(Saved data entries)
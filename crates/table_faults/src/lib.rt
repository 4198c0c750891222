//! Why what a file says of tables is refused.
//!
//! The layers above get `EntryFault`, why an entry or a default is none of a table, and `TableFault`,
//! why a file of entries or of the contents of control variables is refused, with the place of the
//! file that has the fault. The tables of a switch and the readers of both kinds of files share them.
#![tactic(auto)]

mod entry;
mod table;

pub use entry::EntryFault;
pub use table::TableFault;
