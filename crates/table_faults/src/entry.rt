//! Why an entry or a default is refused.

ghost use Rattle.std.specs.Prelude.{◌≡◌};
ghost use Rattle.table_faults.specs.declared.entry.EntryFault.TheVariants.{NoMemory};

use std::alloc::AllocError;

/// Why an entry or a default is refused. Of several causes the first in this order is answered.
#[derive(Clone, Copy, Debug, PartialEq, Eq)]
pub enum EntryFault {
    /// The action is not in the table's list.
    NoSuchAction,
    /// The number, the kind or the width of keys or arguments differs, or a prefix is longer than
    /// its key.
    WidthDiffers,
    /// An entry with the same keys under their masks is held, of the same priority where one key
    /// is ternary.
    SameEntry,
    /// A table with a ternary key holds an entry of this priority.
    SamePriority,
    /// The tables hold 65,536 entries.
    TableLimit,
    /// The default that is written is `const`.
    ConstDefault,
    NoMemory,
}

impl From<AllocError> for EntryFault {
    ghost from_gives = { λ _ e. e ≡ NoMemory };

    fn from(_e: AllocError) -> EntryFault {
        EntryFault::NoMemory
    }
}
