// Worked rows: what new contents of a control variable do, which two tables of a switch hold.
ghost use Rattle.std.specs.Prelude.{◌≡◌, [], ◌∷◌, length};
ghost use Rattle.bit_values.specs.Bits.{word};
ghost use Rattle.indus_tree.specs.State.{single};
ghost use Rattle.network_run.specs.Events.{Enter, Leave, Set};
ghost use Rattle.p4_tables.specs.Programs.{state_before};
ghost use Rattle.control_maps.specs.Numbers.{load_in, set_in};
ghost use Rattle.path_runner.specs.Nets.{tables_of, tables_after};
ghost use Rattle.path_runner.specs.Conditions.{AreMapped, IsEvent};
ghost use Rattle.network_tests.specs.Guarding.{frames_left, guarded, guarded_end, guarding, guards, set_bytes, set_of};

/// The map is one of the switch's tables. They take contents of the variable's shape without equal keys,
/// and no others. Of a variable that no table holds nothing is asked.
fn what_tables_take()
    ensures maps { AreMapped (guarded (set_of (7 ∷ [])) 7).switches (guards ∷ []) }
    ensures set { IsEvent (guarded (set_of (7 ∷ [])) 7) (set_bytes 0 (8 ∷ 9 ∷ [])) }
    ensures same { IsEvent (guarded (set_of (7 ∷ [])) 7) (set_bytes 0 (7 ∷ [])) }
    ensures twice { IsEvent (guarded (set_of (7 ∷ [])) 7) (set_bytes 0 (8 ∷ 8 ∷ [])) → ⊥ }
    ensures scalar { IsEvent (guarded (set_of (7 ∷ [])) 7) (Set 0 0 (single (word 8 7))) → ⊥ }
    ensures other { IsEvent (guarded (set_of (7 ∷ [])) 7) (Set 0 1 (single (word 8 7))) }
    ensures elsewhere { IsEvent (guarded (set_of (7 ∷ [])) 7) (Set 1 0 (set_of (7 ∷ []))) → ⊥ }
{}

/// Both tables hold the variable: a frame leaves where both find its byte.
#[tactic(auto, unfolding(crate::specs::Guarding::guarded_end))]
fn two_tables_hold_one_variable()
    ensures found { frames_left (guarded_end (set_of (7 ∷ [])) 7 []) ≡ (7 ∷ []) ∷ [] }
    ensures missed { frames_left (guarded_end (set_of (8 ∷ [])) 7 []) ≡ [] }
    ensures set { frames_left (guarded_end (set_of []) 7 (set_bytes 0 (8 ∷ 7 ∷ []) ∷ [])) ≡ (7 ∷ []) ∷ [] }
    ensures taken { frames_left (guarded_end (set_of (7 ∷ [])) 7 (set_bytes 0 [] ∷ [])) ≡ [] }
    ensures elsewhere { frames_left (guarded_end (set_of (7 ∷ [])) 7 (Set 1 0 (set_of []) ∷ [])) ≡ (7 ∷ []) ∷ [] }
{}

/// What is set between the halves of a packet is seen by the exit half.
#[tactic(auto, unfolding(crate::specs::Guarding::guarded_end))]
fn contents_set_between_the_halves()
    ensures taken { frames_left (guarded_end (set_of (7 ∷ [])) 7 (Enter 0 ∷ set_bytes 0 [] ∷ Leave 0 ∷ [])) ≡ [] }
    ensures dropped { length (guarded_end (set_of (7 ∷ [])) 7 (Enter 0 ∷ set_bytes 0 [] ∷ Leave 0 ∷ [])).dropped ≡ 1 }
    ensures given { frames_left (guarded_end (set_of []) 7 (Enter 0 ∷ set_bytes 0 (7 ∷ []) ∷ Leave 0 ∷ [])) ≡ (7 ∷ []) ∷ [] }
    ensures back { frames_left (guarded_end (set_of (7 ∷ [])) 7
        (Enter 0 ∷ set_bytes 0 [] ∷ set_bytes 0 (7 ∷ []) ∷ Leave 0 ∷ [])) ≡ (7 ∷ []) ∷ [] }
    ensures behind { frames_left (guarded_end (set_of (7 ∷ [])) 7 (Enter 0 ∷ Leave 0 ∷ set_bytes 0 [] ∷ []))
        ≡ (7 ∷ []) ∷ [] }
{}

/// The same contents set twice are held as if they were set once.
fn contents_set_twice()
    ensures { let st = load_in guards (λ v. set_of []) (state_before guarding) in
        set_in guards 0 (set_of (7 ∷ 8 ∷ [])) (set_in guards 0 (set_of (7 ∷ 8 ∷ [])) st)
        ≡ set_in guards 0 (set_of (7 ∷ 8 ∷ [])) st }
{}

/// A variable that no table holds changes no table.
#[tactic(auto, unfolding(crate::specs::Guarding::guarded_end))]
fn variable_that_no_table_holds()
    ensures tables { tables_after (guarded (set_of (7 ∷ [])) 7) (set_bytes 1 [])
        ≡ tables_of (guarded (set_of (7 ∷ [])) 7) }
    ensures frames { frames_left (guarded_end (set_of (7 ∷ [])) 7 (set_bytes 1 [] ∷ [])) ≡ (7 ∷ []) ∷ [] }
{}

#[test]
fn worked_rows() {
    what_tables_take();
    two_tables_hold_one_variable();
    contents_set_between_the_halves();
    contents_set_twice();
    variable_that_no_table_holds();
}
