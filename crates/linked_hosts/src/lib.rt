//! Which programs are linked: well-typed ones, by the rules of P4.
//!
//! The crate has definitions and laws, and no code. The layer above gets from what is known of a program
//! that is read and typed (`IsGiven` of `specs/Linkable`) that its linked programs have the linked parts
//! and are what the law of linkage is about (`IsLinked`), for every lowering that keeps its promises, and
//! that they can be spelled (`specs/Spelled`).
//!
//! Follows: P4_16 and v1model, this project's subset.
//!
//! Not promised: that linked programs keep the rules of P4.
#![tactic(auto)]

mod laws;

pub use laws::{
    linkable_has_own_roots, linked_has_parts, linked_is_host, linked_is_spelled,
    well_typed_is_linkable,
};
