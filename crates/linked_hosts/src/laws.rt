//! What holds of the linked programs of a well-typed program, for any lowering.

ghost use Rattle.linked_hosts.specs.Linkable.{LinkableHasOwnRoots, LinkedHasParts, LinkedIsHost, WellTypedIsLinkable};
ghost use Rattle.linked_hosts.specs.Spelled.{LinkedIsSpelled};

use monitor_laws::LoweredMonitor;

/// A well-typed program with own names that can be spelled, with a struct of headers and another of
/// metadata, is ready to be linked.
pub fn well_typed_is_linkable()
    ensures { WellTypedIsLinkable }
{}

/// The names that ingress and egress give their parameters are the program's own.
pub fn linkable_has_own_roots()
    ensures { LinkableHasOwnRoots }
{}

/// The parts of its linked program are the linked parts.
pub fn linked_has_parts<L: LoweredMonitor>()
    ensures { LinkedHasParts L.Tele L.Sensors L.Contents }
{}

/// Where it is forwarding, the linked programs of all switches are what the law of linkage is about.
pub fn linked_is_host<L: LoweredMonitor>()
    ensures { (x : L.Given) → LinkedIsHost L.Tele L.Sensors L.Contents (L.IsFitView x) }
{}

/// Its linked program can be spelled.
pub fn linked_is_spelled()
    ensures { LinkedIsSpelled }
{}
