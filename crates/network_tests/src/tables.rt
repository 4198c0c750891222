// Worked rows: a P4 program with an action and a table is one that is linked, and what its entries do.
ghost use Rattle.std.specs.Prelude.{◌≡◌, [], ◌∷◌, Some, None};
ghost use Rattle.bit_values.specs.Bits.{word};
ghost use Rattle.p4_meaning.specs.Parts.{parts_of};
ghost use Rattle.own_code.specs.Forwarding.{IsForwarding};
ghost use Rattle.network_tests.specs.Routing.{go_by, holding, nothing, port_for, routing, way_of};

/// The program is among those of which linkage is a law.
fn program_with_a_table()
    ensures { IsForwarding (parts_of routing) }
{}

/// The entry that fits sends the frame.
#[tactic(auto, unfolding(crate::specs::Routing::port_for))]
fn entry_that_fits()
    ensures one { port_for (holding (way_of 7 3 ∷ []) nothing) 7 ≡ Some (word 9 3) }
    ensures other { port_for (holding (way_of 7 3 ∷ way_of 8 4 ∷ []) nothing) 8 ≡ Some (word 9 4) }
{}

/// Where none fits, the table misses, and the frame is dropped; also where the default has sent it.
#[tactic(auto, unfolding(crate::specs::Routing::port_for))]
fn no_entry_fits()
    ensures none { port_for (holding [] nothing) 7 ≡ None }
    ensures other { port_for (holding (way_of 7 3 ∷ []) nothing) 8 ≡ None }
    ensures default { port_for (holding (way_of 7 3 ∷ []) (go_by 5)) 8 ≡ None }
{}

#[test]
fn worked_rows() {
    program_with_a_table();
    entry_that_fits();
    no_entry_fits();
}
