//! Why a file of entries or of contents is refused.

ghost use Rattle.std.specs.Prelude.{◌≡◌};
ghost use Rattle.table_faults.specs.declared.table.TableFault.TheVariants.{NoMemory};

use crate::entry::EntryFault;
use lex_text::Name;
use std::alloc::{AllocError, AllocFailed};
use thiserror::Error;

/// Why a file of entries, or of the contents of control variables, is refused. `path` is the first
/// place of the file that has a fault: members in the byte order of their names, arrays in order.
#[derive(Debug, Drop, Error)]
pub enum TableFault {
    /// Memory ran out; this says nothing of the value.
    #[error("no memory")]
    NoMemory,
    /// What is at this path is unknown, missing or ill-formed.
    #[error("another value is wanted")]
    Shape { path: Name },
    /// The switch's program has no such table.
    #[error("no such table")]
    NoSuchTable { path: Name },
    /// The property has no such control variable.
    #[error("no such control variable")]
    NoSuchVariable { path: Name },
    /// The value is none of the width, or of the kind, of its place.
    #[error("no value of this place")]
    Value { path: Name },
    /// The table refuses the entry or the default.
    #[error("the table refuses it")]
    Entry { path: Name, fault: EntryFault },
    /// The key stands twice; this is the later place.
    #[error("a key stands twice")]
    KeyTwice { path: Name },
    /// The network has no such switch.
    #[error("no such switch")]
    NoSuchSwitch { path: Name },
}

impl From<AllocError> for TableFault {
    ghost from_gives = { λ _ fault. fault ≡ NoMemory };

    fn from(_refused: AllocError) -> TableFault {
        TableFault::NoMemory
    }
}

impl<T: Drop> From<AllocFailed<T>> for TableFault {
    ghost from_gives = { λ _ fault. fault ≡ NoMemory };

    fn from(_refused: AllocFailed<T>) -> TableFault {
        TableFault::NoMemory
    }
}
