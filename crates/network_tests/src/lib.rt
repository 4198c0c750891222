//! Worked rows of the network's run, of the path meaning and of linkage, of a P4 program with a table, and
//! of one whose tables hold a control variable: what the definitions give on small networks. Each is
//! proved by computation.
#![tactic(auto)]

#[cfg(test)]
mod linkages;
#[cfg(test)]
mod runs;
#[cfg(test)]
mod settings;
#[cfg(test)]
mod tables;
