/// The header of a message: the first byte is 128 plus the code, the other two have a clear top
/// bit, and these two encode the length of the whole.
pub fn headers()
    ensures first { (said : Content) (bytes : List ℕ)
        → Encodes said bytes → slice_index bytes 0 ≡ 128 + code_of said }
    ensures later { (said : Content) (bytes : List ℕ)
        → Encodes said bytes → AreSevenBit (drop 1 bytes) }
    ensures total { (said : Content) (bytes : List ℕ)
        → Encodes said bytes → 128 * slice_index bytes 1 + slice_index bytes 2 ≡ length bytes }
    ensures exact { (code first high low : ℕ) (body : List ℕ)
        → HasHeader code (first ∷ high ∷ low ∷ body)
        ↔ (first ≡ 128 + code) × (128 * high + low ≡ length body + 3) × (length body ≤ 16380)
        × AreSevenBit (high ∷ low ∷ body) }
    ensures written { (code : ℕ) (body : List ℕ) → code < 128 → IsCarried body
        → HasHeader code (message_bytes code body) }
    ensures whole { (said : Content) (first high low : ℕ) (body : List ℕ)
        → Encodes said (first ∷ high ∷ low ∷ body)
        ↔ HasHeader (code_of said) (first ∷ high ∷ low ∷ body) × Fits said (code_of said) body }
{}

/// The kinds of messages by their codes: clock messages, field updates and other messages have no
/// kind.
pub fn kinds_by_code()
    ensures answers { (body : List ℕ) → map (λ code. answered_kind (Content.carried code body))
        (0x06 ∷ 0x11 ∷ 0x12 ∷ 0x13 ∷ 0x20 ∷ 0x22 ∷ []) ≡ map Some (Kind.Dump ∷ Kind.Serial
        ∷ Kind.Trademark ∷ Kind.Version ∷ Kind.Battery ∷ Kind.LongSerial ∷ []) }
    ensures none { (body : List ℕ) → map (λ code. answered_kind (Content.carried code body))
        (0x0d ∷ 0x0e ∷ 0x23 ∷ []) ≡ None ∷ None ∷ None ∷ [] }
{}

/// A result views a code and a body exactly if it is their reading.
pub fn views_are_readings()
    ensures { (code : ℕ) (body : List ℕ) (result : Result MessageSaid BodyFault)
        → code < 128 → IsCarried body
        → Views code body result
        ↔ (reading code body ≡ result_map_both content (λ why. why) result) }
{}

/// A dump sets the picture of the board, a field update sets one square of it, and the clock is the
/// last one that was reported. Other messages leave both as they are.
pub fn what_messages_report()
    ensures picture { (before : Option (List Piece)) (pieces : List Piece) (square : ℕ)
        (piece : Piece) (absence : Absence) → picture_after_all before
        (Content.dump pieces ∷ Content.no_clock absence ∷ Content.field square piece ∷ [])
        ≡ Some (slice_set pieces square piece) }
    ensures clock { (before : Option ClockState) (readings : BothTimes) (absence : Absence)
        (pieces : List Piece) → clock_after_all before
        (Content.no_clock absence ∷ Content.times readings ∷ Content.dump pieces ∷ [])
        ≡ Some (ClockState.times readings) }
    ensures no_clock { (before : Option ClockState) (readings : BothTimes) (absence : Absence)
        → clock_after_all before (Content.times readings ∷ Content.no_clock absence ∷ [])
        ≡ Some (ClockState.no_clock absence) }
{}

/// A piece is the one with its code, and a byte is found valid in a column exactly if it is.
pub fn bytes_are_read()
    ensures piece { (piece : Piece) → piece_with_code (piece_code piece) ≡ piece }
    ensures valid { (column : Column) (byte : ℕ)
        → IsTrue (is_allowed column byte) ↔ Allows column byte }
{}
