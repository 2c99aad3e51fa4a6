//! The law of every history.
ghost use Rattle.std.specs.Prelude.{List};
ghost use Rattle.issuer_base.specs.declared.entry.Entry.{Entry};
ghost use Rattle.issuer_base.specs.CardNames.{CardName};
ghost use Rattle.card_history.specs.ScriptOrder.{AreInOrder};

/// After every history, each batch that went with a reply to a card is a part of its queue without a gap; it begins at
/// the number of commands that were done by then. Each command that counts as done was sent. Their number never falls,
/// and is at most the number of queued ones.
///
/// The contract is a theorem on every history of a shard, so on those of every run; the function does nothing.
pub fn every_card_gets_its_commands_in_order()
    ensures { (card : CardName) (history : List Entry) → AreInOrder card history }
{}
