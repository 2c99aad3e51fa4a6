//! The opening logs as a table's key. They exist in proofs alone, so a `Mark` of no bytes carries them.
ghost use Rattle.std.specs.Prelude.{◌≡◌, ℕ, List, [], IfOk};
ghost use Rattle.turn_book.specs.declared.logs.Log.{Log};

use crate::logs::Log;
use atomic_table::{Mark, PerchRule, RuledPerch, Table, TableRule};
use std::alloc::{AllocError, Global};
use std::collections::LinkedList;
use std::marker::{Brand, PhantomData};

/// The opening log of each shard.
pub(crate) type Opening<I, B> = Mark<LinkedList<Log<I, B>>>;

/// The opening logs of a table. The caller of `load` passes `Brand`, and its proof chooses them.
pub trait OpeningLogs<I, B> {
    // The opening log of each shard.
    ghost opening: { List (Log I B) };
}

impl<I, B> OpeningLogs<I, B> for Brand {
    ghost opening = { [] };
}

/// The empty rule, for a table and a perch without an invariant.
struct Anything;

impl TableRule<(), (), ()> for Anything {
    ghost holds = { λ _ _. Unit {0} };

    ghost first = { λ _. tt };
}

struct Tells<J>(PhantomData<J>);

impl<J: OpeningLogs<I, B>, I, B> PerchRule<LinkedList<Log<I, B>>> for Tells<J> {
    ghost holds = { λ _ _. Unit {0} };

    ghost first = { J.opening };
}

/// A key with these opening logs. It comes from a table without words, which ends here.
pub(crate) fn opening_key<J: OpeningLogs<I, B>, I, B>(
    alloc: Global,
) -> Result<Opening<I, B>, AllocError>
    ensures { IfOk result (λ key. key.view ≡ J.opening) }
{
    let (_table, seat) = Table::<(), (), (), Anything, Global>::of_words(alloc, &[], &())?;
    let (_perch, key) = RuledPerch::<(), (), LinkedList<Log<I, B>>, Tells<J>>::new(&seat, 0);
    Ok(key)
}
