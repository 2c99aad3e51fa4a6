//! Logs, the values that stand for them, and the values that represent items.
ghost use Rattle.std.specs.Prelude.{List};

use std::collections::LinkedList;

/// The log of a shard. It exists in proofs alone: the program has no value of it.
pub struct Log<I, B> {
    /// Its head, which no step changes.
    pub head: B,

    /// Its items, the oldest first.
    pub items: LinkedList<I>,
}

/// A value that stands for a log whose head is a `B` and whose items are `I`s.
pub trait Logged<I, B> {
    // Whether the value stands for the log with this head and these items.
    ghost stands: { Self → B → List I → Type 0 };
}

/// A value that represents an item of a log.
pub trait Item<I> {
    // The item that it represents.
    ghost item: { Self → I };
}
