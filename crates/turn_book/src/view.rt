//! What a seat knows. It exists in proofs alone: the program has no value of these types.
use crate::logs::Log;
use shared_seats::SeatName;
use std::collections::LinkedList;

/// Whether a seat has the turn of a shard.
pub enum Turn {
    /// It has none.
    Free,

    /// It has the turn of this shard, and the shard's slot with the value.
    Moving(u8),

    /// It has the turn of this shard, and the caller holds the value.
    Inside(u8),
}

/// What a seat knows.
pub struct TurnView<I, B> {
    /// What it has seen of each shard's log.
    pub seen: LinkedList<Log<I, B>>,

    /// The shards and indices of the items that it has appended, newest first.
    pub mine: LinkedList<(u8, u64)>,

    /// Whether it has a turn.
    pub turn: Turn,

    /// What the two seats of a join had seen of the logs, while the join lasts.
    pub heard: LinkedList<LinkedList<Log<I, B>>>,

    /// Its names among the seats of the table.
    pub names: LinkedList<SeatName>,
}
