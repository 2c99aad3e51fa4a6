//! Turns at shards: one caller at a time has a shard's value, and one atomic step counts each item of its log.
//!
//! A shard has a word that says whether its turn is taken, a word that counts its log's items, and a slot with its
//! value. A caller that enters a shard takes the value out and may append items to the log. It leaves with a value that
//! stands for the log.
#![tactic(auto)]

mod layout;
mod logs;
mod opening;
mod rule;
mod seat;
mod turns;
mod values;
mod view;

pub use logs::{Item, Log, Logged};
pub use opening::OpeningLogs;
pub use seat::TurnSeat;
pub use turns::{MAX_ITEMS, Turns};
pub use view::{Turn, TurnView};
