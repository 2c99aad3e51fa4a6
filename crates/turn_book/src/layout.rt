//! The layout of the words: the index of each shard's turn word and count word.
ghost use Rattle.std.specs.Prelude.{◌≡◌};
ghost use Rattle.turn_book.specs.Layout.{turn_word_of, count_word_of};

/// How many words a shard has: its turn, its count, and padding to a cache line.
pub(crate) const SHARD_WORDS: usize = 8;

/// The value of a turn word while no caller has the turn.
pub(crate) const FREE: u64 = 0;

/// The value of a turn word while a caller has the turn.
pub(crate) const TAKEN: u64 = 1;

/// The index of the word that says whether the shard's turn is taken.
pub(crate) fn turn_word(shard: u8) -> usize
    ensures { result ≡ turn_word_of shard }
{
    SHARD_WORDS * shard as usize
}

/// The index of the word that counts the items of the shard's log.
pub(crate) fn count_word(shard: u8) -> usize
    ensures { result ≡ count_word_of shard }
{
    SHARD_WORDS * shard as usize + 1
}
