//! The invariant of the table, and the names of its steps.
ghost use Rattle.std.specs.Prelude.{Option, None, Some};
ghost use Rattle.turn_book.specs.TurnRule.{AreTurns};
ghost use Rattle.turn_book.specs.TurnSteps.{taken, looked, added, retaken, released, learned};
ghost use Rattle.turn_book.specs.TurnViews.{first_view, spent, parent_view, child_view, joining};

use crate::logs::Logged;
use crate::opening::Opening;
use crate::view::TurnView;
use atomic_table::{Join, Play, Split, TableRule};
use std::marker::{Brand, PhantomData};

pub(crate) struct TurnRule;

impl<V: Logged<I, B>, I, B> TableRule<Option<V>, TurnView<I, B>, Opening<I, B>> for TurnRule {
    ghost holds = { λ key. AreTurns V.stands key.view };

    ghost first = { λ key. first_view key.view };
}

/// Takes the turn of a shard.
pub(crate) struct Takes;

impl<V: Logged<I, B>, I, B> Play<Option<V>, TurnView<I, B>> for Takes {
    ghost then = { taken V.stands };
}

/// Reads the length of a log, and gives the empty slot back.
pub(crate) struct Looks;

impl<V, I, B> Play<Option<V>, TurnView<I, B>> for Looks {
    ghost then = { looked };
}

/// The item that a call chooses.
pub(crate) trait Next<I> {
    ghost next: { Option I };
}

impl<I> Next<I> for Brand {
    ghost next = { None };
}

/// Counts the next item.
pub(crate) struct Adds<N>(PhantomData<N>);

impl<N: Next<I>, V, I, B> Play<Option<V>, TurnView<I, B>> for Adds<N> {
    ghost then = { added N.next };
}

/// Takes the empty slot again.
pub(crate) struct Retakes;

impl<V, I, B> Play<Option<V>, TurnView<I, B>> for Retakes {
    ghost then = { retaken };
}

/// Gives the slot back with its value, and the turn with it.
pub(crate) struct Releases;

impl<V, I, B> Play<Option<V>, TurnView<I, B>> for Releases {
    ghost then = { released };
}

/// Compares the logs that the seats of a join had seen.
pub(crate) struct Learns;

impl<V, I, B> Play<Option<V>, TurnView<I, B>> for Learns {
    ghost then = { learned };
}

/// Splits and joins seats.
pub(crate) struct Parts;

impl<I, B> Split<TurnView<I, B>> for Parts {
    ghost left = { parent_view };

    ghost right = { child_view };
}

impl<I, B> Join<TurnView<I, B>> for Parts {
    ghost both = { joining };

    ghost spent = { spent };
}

**The task**
Show the lines in the entries above that include the string "another".

**Solution**
/// A well-typed program with own names that can be spelled, with a struct of headers and another of
    #[error("another value is wanted")]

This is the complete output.